Varendra Rebellion | Kaivarta Revolt | Essay on Kaivarta Revolt | About Varendra Rebellion
Varendra Rebellion Essay: The Kaivarta Revolt of Bengal is one in all the foremost celebrated revolt within the history of Bengal. Vigrahapala III was succeeded by his son Mahipala II in 1070 A.D. The previous reign was flooded with foreign invasions. A method of disintegration was within the air. So from the terribly starting Mahipala II was thrown into issues. Conspiracies and revolts became a continual method in his reign that ultimately ends up in his overthrow.
According to Wikipedia:
The Varendra rebellion (also known as the Kaivarta revolt) means the revolt against King Mahipala II led by Divya. It is known as not only the first successful rebellion of Bengal but also of Indian Subcontinent. The Kaivarta were able to capture Varendraby this rebellion. Later on, in 1082 CE, King Rampala was succeed to recapture his fatherland Varendra by defeating Vim with the assistance of neighboring vassals. Thus, the first revolt of rebellious Bengali came to an end.
History of Kaivarta Revolt | History of Varendra Rebellion:
A contemporary work “Ramacharita” narrated the circumstances that result in the decline of Mahipala. On a false report of alleged conspiracy Mahipala unfree his 2 brothers Surapala and Ramapala. This angered the follower chiefs who at once revolted against him.
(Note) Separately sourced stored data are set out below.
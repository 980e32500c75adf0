// The commands of a table (document 01, "Campaign table"): the byte of each, where it may stand, and the checks that need neither
// its operands nor what the commands before it name: 3, 6 and 16.
#![tactic(auto)]

ghost use Rattle.std.specs.Prelude.{◌≡◌};
ghost use Rattle.model.specs.Command.{code_of, command_of, width, in_place, after_term, head};
ghost use Rattle.model.specs.Reading.{head_wanted};
ghost use Rattle.command.specs.Names.{form_of, command_is, place_of, wanted_of};
ghost use Rattle.command.specs.Checks.{lies_in, misplaced, miscounted, unfinished, closes_idle};

// "54 P V A: head of a written table"; "4E P N A: head of a normal table"
#[derive(Clone, Copy, PartialEq, Eq)]
pub enum Form {
    Written,
    Normal,
}

// The heads that a call takes. A stored table may have either, and moves that do nothing.
#[derive(Clone, Copy, PartialEq, Eq)]
pub enum Wanted {
    Written,
    Normal,
    Both,
    Stored,
}

#[derive(Clone, Copy)]
pub enum Command {
    Head(Form),
    OpenMove,
    OpenGoal,
    EndTable,
    NeedProp,
    AddProp,
    DeleteProp,
    Term,
    CloseCondition,
    CloseEffect,
    Unknown,
}

// Where a command stands, in the order of reading.
#[derive(Clone, Copy, PartialEq, Eq, PartialOrd, Ord)]
pub enum Place {
    Start,
    Preamble,
    InMove,
    InGoal,
    Finished,
}

// The command that a byte stands for.
pub fn command_of(byte: u8) -> Command
    ensures { command_is result ≡ command_of byte }
{
    match byte {
        0x54 => Command::Head(Form::Written),
        0x4E => Command::Head(Form::Normal),
        0x41 => Command::OpenMove,
        0x47 => Command::OpenGoal,
        0x45 => Command::EndTable,
        0x50 => Command::NeedProp,
        0x2B => Command::AddProp,
        0x2D => Command::DeleteProp,
        0x57 => Command::Term,
        0x43 => Command::CloseCondition,
        0x46 => Command::CloseEffect,
        _ => Command::Unknown,
    }
}

// The bytes of a command with its operands.
pub fn width(command: Command) -> usize
    ensures { result ≡ width (command_is command) }
{
    match command {
        Command::OpenMove | Command::OpenGoal | Command::EndTable | Command::Unknown => 1,
        Command::NeedProp | Command::AddProp | Command::DeleteProp => 2,
        Command::Head(_) | Command::Term => 4,
        Command::CloseCondition => 6,
        Command::CloseEffect => 7,
    }
}

// Does the place lie between the two, both included?
fn lies(place: Place, first: Place, last: Place) -> bool
    ensures { result ≡ lies_in (place_of first) (place_of last) (place_of place) }
{
    first <= place && place <= last
}

// May the command stand there?
fn in_place(place: Place, command: Command) -> bool
    ensures { result ≡ in_place (place_of place) (command_is command) }
{
    match command {
        Command::Head(_) => place == Place::Start,
        Command::OpenMove => lies(place, Place::Preamble, Place::InGoal),
        Command::OpenGoal => lies(place, Place::Preamble, Place::InMove),
        Command::EndTable => place == Place::InGoal,
        Command::NeedProp | Command::Term | Command::CloseCondition => {
            lies(place, Place::InMove, Place::InGoal)
        }
        Command::AddProp | Command::DeleteProp | Command::CloseEffect => place == Place::InMove,
        Command::Unknown => false,
    }
}

// May the command follow a term?
fn after_term(command: Command) -> bool
    ensures { result ≡ after_term (command_is command) }
{
    match command {
        Command::Term | Command::CloseCondition | Command::CloseEffect => true,
        _ => false,
    }
}

// Does a call that wants these heads take the command?
fn head_wanted(wanted: Wanted, command: Command) -> bool
    ensures { result ≡ head_wanted (wanted_of wanted) (command_is command) }
{
    match command {
        Command::Head(form) => takes_head(wanted, form),
        _ => true,
    }
}

// Does a call that wants these heads take a head of this form?
fn takes_head(wanted: Wanted, form: Form) -> bool
    ensures { result ≡ head_wanted (wanted_of wanted) (head (form_of form)) }
{
    match wanted {
        Wanted::Both | Wanted::Stored => true,
        Wanted::Written => form == Form::Written,
        Wanted::Normal => form == Form::Normal,
    }
}

// Check 3: "unknown, misplaced, wrong head for the call, terms left open".
pub fn misplaced(place: Place, terms: usize, wanted: Wanted, command: Command) -> bool
    ensures { result ≡ misplaced (wanted_of wanted) (place_of place) terms (command_is command) }
{
    !in_place(place, command) || !head_wanted(wanted, command) || terms > 0 && !after_term(command)
}

// Check 6: "41 beyond A, after the goal too; 47 before A moves".
pub fn miscounted(command: Command, moves: usize, opened: usize) -> bool
    ensures { result ≡ miscounted moves opened (command_is command) }
{
    match command {
        Command::OpenMove => moves <= opened,
        Command::OpenGoal => opened < moves,
        _ => false,
    }
}

// Is a move that does nothing open, in a table that may have none? `active` says whether the open block changes something.
fn unfinished(place: Place, active: bool, wanted: Wanted) -> bool
    ensures { result ≡ unfinished (wanted_of wanted) (place_of place) active }
{
    wanted != Wanted::Stored && place == Place::InMove && !active
}

// Check 16: "such a move, place the command that closes its block".
pub fn closes_idle(place: Place, active: bool, wanted: Wanted, command: Command) -> bool
    ensures { result ≡ closes_idle (wanted_of wanted) (place_of place) active (command_is command) }
{
    match command {
        Command::OpenMove | Command::OpenGoal => unfinished(place, active, wanted),
        _ => false,
    }
}

// The byte of the head's kind.
pub fn kind_code(form: Form) -> u64
    ensures { result ≡ code_of (head (form_of form)) }
{
    match form {
        Form::Written => 0x54,
        Form::Normal => 0x4E,
    }
}
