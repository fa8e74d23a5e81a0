//! The laws of a state whose lists are cut. Each function proves what its contract says, and does nothing.

ghost use Rattle.wbt_replay_cut.specs.Laws.{AdvanceIsCut, ForgottenIsCut, OthersStand};

/// A run goes on from a state whose lists are cut as from the whole one.
pub fn advance_is_cut()
    ensures { AdvanceIsCut }
{}

/// To forget what was told is to cut all lists, whatever was cut before.
pub fn forgotten_is_cut()
    ensures { ForgottenIsCut }
{}

/// What is cut of a state is the beginnings of its lists, and nothing else.
pub fn others_stand()
    ensures { OthersStand }
{}
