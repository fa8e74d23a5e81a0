//! The ordered run in memory that doesn't grow: a machine that forgets the steps and entries that it has told goes on as the one that
//! keeps them all.
//!
//! ```text
//! ghost use Rattle.wbt_replay_cut.specs.Laws.{AdvanceIsCut};
//!
//! // What a run does next doesn't depend on what was cut of its lists. The call does nothing: its contract is the law.
//! fn cited()
//!     ensures { AdvanceIsCut }
//! {
//!     wbt_replay_cut::laws::advance_is_cut();
//! }
//! ```
#![tactic(auto)]

pub mod laws;
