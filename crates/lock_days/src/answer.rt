//! What a turn's call answered.

use share_ledger::Applied;
use std::fmt;
use sweep_release::{GateFault, Receipt, ReleaseFault};

/// What a turn's call answered.
#[derive(Clone, Copy, Debug, PartialEq, Eq)]
pub enum Answer {
    Released(Receipt),
    Refused(ReleaseFault),
    Raised,
    NotRaised(GateFault),
    Lowered,
    /// How many legs were pushed to the venue in all.
    Pushed(u64),
    /// How many legs were popped.
    Popped(u64),
    Booked(Applied),
}

impl fmt::Display for Answer {
    fn fmt<W: fmt::Write>(&self, f: &mut fmt::Formatter<W>) -> fmt::Result {
        match self {
            Answer::Released(receipt) => {
                let number = receipt.number;
                let shares = receipt.shares;
                write!(f, "sweep {number} of {shares} shares")
            }
            Answer::Refused(fault) => write!(f, "{fault}"),
            Answer::Raised => f.write_str("up"),
            Answer::NotRaised(fault) => write!(f, "{fault}"),
            Answer::Lowered => f.write_str("down"),
            Answer::Pushed(legs) => write!(f, "{legs} pushed"),
            Answer::Popped(legs) => write!(f, "{legs} popped"),
            Answer::Booked(applied) => write!(f, "{applied:?}"),
        }
    }
}
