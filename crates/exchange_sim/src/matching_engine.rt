//! An exchange that deals with its orders by itself.

ghost use Rattle.std.specs.Prelude.{◌≡◌, ◌++◌, [], OnOk, if◌then◌else◌};
ghost use Rattle.std.specs.List.{concat};
ghost use Rattle.fix_text.specs.FrameFields.{fields_in};
ghost use Rattle.fix_tags.specs.Reading.{envelope_read};
ghost use Rattle.dialect.specs.Message.{decoded};
ghost use Rattle.exchange_core.specs.Acts as acts;
ghost use Rattle.exchange_core.specs.Exchange.{new_exchange, take, drop_connection};
ghost use Rattle.exchange_core.specs.Frames.{bytes_of};
ghost use Rattle.exchange_sim.specs.Dealing.{IsKnown, dealt, takes, takes_frame};
ghost use Rattle.exchange_sim.specs.Sending.{Answers, Reports, Sends, frames_of, messages_of};

use crate::outbox::Outbox;
use crate::trade_price::trade_price;
use clock::Clock;
use dialect::{Dialect, LastPx};
use exchange_core::{Exchange, ExchangeFault};
use fix_tags::{Config, EnvelopeRef, read_envelope};
use fix_text::Frame;
use std::alloc::{AllocError, Global};

/// An exchange that trades some shares of each order that it accepts, cancels the rest, and collects what it writes.
#[derive(Drop)]
pub struct MatchingEngine<D: Dialect, C: Clock> {
    alloc: Global,
    dialect: D,
    clock: C,
    pub exchange: Exchange,
    pub outbox: Outbox,
    // How many shares of each order are traded.
    fill: u64,
}

impl<D: Dialect, C: Clock> MatchingEngine<D, C> {
    /// The exchange before anything came. It takes no memory.
    pub fn new(
        alloc: Global,
        dialect: D,
        clock: C,
        config: Config,
        fill: u64,
    ) -> MatchingEngine<D, C>
        ensures exchange { result.exchange ≡ new_exchange config }
        ensures fill { result.fill ≡ fill }
    {
        MatchingEngine {
            alloc,
            dialect,
            clock,
            exchange: Exchange::new(alloc, config),
            outbox: Outbox::new(alloc),
            fill,
        }
    }

    /// What a frame says is taken, as a message of this connection; a frame that says no message is passed over. Want
    /// of memory may come when the message was taken in part.
    fn take_frame(&mut self, connection: u64, frame: &Frame<'_>) -> Result<(), AllocError>
        ensures exchange { OnOk result (self.new.exchange ≡ takes_frame
            (D.wording self.old.dialect).decoding
            self.old.fill connection self.old.exchange (envelope_read (fields_in frame.now))) }
        ensures dialect { self.new.dialect ≡ self.old.dialect }
        ensures fill { self.new.fill ≡ self.old.fill }
    {
        match read_envelope(frame) {
            Ok(envelope) => self.take(connection, &envelope),
            Err(_) => Ok(()),
        }
    }

    /// The same, unless the frame is lost.
    pub fn take_unless(
        &mut self,
        is_lost: bool,
        connection: u64,
        frame: &Frame<'_>,
    ) -> Result<(), AllocError>
        ensures exchange { OnOk result (self.new.exchange ≡ (if is_lost then self.old.exchange else takes_frame
            (D.wording self.old.dialect).decoding
            self.old.fill connection self.old.exchange (envelope_read (fields_in frame.now)))) }
        ensures dialect { self.new.dialect ≡ self.old.dialect }
        ensures fill { self.new.fill ≡ self.old.fill }
    {
        if is_lost {
            Ok(())
        } else {
            self.take_frame(connection, frame)
        }
    }

    /// Takes a message, and deals with the order that it accepts, if it is one.
    fn take(&mut self, connection: u64, envelope: &EnvelopeRef<'_>) -> Result<(), AllocError>
        ensures exchange { OnOk result (self.new.exchange ≡ takes self.old.fill connection self.old.exchange
            (decoded (D.wording self.old.dialect).decoding envelope.now)) }
        ensures answers { OnOk result (Answers (D.wording self.old.dialect).encoding self.old.fill connection
            self.old.exchange (decoded (D.wording self.old.dialect).decoding envelope.now)
            self.old.outbox self.new.outbox) }
        ensures dialect { self.new.dialect ≡ self.old.dialect }
        ensures fill { self.new.fill ≡ self.old.fill }
    {
        let count = self.exchange.accepted().len();
        self.hand_in(connection, envelope)?;
        match self.exchange.accepted().get(count) {
            Some(leg) => {
                let shares = self.fill.min(leg.terms.shares());
                let px = trade_price(leg);
                self.deal(count + 1, shares, px)
            }
            None => Ok(()),
        }
    }

    /// Hands the exchange a message, and collects what it answers.
    fn hand_in(&mut self, connection: u64, envelope: &EnvelopeRef<'_>) -> Result<(), AllocError>
        ensures exchange { OnOk result (self.new.exchange ≡ (take self.old.exchange connection
            (decoded (D.wording self.old.dialect).decoding envelope.now)).1) }
        ensures sends { OnOk result (Sends (D.wording self.old.dialect).encoding (C.last self.new.clock)
            (take self.old.exchange connection (decoded (D.wording self.old.dialect).decoding envelope.now)).0
            self.old.outbox self.new.outbox) }
        ensures dialect { self.new.dialect ≡ self.old.dialect }
        ensures fill { self.new.fill ≡ self.old.fill }
    {
        let stamp = self.clock.now();
        match self
            .exchange
            .take(self.alloc, &self.dialect, connection, envelope, &stamp)
        {
            Ok(frames) => put_all(frames.as_slice(), &mut self.outbox),
            Err(_) => Err(AllocError),
        }
    }

    /// Trades so many shares of the order at a place, counted from 1, and cancels the rest of it.
    #[tactic(auto, unfolding(crate::specs::Dealing::dealt))]
    fn deal(&mut self, place: usize, shares: u64, px: LastPx) -> Result<(), AllocError>
        ensures exchange { OnOk result (self.new.exchange ≡ dealt place shares px self.old.exchange) }
        ensures reports { OnOk result (Reports (D.wording self.old.dialect).encoding place shares px self.old.exchange
            self.old.outbox self.new.outbox) }
        ensures dialect { self.new.dialect ≡ self.old.dialect }
        ensures fill { self.new.fill ≡ self.old.fill }
    {
        self.trade(place, shares, px)?;
        self.cancel_rest(place)
    }

    /// Trades so many shares of the order at a place; where the exchange refuses it nothing is done.
    fn trade(&mut self, place: usize, shares: u64, px: LastPx) -> Result<(), AllocError>
        ensures exchange { OnOk result (self.new.exchange ≡ (acts.trade self.old.exchange place shares px).1) }
        ensures sends { OnOk result (Sends (D.wording self.old.dialect).encoding (C.last self.new.clock)
            (messages_of (acts.trade self.old.exchange place shares px).0) self.old.outbox self.new.outbox) }
        ensures dialect { self.new.dialect ≡ self.old.dialect }
        ensures fill { self.new.fill ≡ self.old.fill }
    {
        let stamp = self.clock.now();
        let answer = self
            .exchange
            .trade(self.alloc, &self.dialect, place, shares, px, &stamp);
        put_answer(answer, &mut self.outbox)
    }

    /// Cancels what is open of the order at a place; where the exchange refuses it nothing is done.
    fn cancel_rest(&mut self, place: usize) -> Result<(), AllocError>
        ensures exchange { OnOk result (self.new.exchange ≡ (acts.cancel_rest self.old.exchange place).1) }
        ensures sends { OnOk result (Sends (D.wording self.old.dialect).encoding (C.last self.new.clock)
            (messages_of (acts.cancel_rest self.old.exchange place).0) self.old.outbox self.new.outbox) }
        ensures dialect { self.new.dialect ≡ self.old.dialect }
        ensures fill { self.new.fill ≡ self.old.fill }
    {
        let stamp = self.clock.now();
        let answer = self
            .exchange
            .cancel_rest(self.alloc, &self.dialect, place, &stamp);
        put_answer(answer, &mut self.outbox)
    }

    /// The connection ends: nothing waits to be sent any more.
    pub fn disconnect(&mut self)
        ensures exchange { self.new.exchange ≡ drop_connection self.old.exchange }
        ensures outbox { self.new.outbox ≡ [] }
        ensures dialect { self.new.dialect ≡ self.old.dialect }
        ensures fill { self.new.fill ≡ self.old.fill }
    {
        self.exchange.drop_connection();
        self.outbox.clear();
    }
}

/// Puts the frame of an act behind the bytes that wait, if there is one. An act that the exchange refused has none.
fn put_answer(
    answer: Result<Option<Vec<u8>>, ExchangeFault>,
    outbox: &mut Outbox,
) -> Result<(), AllocError>
    ensures known { OnOk result (IsKnown answer) }
    ensures sends { OnOk result (outbox.new ≡ outbox.old ++ concat (frames_of answer)) }
{
    match answer {
        Ok(Some(frame)) => outbox.put(frame.as_slice()),
        Ok(None) => Ok(()),
        Err(ExchangeFault::OutOfMemory) => Err(AllocError),
        Err(_) => Ok(()),
    }
}

/// Puts frames behind the bytes that wait, in order.
fn put_all(frames: &[Vec<u8>], outbox: &mut Outbox) -> Result<(), AllocError>
    ensures { OnOk result (outbox.new ≡ outbox.old ++ concat (bytes_of frames.now)) }
{
    for frame in frames {
        outbox.put(frame.as_slice())?;
    }
    Ok(())
}
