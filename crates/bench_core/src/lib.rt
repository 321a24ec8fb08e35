//! What the program `bench` does with desk, book and session, and with the replay of a day, as often as it is asked to.
#![tactic(auto)]

mod day_part;
mod replay_part;

pub use day_part::{DayPart, MAX_DAY, run_day};
pub use replay_part::{ReplayPart, run_replay};
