//! What a simulated exchange does with its orders and messages.

/// What a simulated exchange does with its orders and messages, which are counted from 1 over all its connections.
/// Where a number of a message is 0 there is none.
#[derive(Clone, Copy, Debug)]
pub struct Plan {
    /// How many shares of each accepted order are traded, if it has as many; the rest is cancelled.
    pub fill: u64,
    /// The message behind which the connection is cut: it is taken, and nothing that is answered to it is sent.
    pub cut_after: u64,
    /// The message that is lost.
    pub lose: u64,
}
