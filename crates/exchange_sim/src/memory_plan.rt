//! How a link in memory carries bytes.

ghost use Rattle.std.specs.Prelude.{◌≡◌};

use crate::plan::Plan;

/// How a link in memory carries bytes, and what the exchange behind it does.
#[derive(Clone, Copy, Debug)]
pub struct MemoryPlan {
    /// What the exchange does.
    pub exchange: Plan,
    /// The call of the link that fails, of all but `faults`, counted from 1; 0 for none.
    pub fails_at: u64,
    /// How many bytes a write takes at most. It takes one where there is one.
    pub most_written: usize,
    /// How many bytes a read gives at most.
    pub most_read: usize,
    /// The byte of which the reads give as many as they can, for ever, in place of what the exchange answers.
    pub noise: Option<u8>,
}

impl MemoryPlan {
    /// Every call succeeds, and carries all there is.
    pub fn faultless(exchange: Plan) -> MemoryPlan
        ensures plan { result.exchange ≡ exchange }
        ensures fails_at { result.fails_at ≡ 0 }
        ensures most_written { result.most_written ≡ usize.MAX }
        ensures most_read { result.most_read ≡ usize.MAX }
        ensures noise { result.noise ≡ None }
    {
        MemoryPlan {
            exchange,
            fails_at: 0,
            most_written: usize::MAX,
            most_read: usize::MAX,
            noise: None,
        }
    }
}
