//! The calls of a turn.

ghost use Rattle.release_lock.specs.Held.{OnlyLowers};

use crate::answer::Answer;
use crate::day::Played;
use crate::turn::{Reported, Turn};
use dialect::{ExecId, Fill, LastPx, Note, Report, ReportKind};
use exec_collector::Accounts;
use kept_link::Untold;
use leg::{LegId, VenueId};
use release_lock::Run;
use report_words::ReportWords;
use std::sync::Wait;
use sweep_release::{Desk, GateFault, ReleaseFault};
use trial::{Order, Post, TrialFault, sweep_of};

/// Puts a gate down, if the desk has it.
fn gate_down(desk: &mut Desk, at: VenueId)
    ensures { OnlyLowers desk.old desk.new }
{
    if usize::from(at.number()) < desk.venues() {
        desk.gate_down(at);
    }
}

/// A report on the first leg of sweep 1.
fn note_of(exec: &str, says: Reported) -> Option<Note> {
    let kind = match says {
        Reported::Trade(shares) => ReportKind::Trade(Fill::new(shares, LastPx::new(b"10")?)?),
        Reported::Canceled => ReportKind::Canceled,
    };
    Some(Note::Report(Report {
        id: LegId::new(1, 1),
        exec: ExecId::new(exec.as_bytes())?,
        kind,
    }))
}

/// The next leg of a ring while fewer than `count` were popped in all, if the ring has one. One out of its order is a
/// fault.
fn pop_to<L: Run, M: Accounts>(
    rt: &impl Wait,
    post: &mut Post<L, M>,
    count: u64,
) -> Result<Option<LegId>, TrialFault> {
    match post.drain.pop_to(rt, count) {
        Some(placed) if placed.ordinal == post.drain.popped() => Ok(Some(placed.leg.id)),
        Some(_) => Err(TrialFault::OutOfOrder),
        None => Ok(None),
    }
}

impl<L: Run, M: Accounts> Played<L, M> {
    /// The calls of a turn.
    pub fn call(&mut self, rt: &impl Wait, turn: &Turn) -> Result<Answer, TrialFault> {
        match turn {
            Turn::Release(orders) => self.release(rt, orders),
            Turn::Raise(venue) => self.raise(rt, *venue),
            Turn::Lower(venue) => self.lower(rt, *venue),
            Turn::Pump(venue) => self.pump(rt, *venue),
            Turn::Pop { venue, legs } => self.pop(rt, *venue, *legs, false),
            Turn::Drop { venue, legs } => self.pop(rt, *venue, *legs, true),
            Turn::Book { exec, says } => self.book(rt, exec, *says),
        }
    }

    /// A sweep is released.
    fn release(&mut self, rt: &impl Wait, orders: &[Order]) -> Result<Answer, TrialFault> {
        let sweep = sweep_of(self.alloc, orders)?;
        let floor = &mut self.floor;
        match floor
            .lock
            .release(rt, &floor.collector, sweep, &mut floor.seat)
        {
            Ok(receipt) => Ok(Answer::Released(receipt)),
            Err(ReleaseFault::OutOfMemory) => Err(TrialFault::OutOfMemory),
            Err(fault) => Ok(Answer::Refused(fault)),
        }
    }

    /// A gate goes up.
    fn raise(&mut self, rt: &impl Wait, venue: usize) -> Result<Answer, TrialFault> {
        match self.floor.lock.raise(rt, &self.post(venue)?.drain) {
            Ok(()) => Ok(Answer::Raised),
            Err(GateFault::OutOfMemory) => Err(TrialFault::OutOfMemory),
            Err(fault) => Ok(Answer::NotRaised(fault)),
        }
    }

    /// A gate goes down.
    fn lower(&mut self, rt: &impl Wait, venue: usize) -> Result<Answer, TrialFault> {
        let at = self.post(venue)?.drain.venue();
        self.floor
            .lock
            .with(rt, |desk: &mut Desk| gate_down(desk, at));
        Ok(Answer::Lowered)
    }

    /// Legs are moved into a venue's ring.
    fn pump(&mut self, rt: &impl Wait, venue: usize) -> Result<Answer, TrialFault> {
        let at = self.post(venue)?.drain.venue();
        Ok(Answer::Pushed(self.floor.lock.pump(rt, at)))
    }

    /// A worker pops so many legs, or as many as its ring has. It may withdraw each in the book.
    fn pop(
        &mut self,
        rt: &impl Wait,
        venue: usize,
        legs: u64,
        withdraws: bool,
    ) -> Result<Answer, TrialFault> {
        let post = self.floor.posts.get_mut(venue);
        let post = post.ok_or(TrialFault::Missing)?;
        let before = post.drain.popped();
        let count = before.saturating_add(legs);
        // One more than there are to be: it isn't given, though the ring may have it.
        for _ in 0..legs.saturating_add(1) {
            let Some(id) = pop_to(rt, post, count)? else {
                break;
            };
            if withdraws {
                self.floor
                    .collector
                    .withdraw(rt, id, &mut post.seat, &Untold)?;
            }
        }
        Ok(Answer::Popped(post.drain.popped().saturating_sub(before)))
    }

    /// A report is booked by the worker of the first venue.
    fn book(&mut self, rt: &impl Wait, exec: &str, says: Reported) -> Result<Answer, TrialFault> {
        let note = note_of(exec, says).ok_or(TrialFault::Missing)?;
        let words = ReportWords::none();
        let post = self.floor.posts.first_mut().ok_or(TrialFault::Missing)?;
        let applied = self
            .floor
            .collector
            .apply(rt, &note, &words, &mut post.seat)?;
        Ok(Answer::Booked(applied))
    }
}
While not paying heed to the recommendation of his ministers and with none preparation some, Mahipala long-faced the revolted chief and consequently died in their hands. A high official of Mahipala II and a Kaivarta by caste, Divya currently assumed the royal authority. He became the master of Varendra or Northern Bengal and for someday established a brand new family. This is often legendary in history because the famed Kaivarta Revolt of Bengal.
The Kaivarta revolt has been characterised as a preferred revolt. Mahipala was a tyrant and unscrupulous unpleasant person for whom a small suspicion was enough to imprison folks, even his own brothers. He was primarily of war mongering nature and cared for no recommendation. The foremost burdened folks throughout his time of Mahipala were the Kaivartas and that they found in Divya their benefactor. Divya was neither an influence admiring nor a fly-by-night person of his master. However loyal motive compelled him to kill Mahipala to liberate folks from the hands of this tyrant. Divya, like Gopal was asked by the folks to become the king.
However, it’s typically alleged that Divya cloaked his personal ambition by superpatriotic professions. The central government was terribly weak and Divya, like alternative social organization chiefs, taken the chance to determine his authority.
Thus the Kaivarta Revolt has caused a discussion among the students and till any details are received regarding the character of the struggle it’s of very little use to debate it in an elaborate way. However at a similar time the episode mirrored the condition of the then Bengal. As Mahipala II was headless of protective truth and polity, the Pala rule Bengal became significantly unpopular. The feudatories were all nearly freelance of the Central authority. There have been continually conspiracies and makes an attempt of uprisings among these feudatories that much created the Central authority a great deal unstable and weak.
Suspicion on the a part of Mahipala was so however a natural outcome of matters. Being apprehensive of a revolt against him he captive his brothers that crammed the cup of his quality. A general revolt of the feudatories as a natural consequence followed presently. Divya, the leader of the revolt found it straightforward to seize the facility from the palas that merely testified the latter’s weakness.
Kaivarta revolt is usually represented because the revolt against the oppression. It looks like Divya had the support of native individuals as a result of they needed to urge eliminate the ruling king. However it ought to be taken into serious account that Divya solely exercised his authority over components of northern India and therefore the feudatories became notably freelance when Mahipala II.
Thus Bengal lost its political unity and shortly became divided into petty political units. There was no smart relation among the varied chiefs who checked out one another with jealousy. within the ensuant days once the rule of Ramapala began we got a listing of twelve feudatories who helped Ramapala against Bhima, the successor of Divya in exchange of lavish displays and compensations. This proves that even when restoration to power, Ramapala had very little management over these feudatories. So the political unity of the country was lost until it absolutely was regained by the Senas within the later quarter of the eleventh century.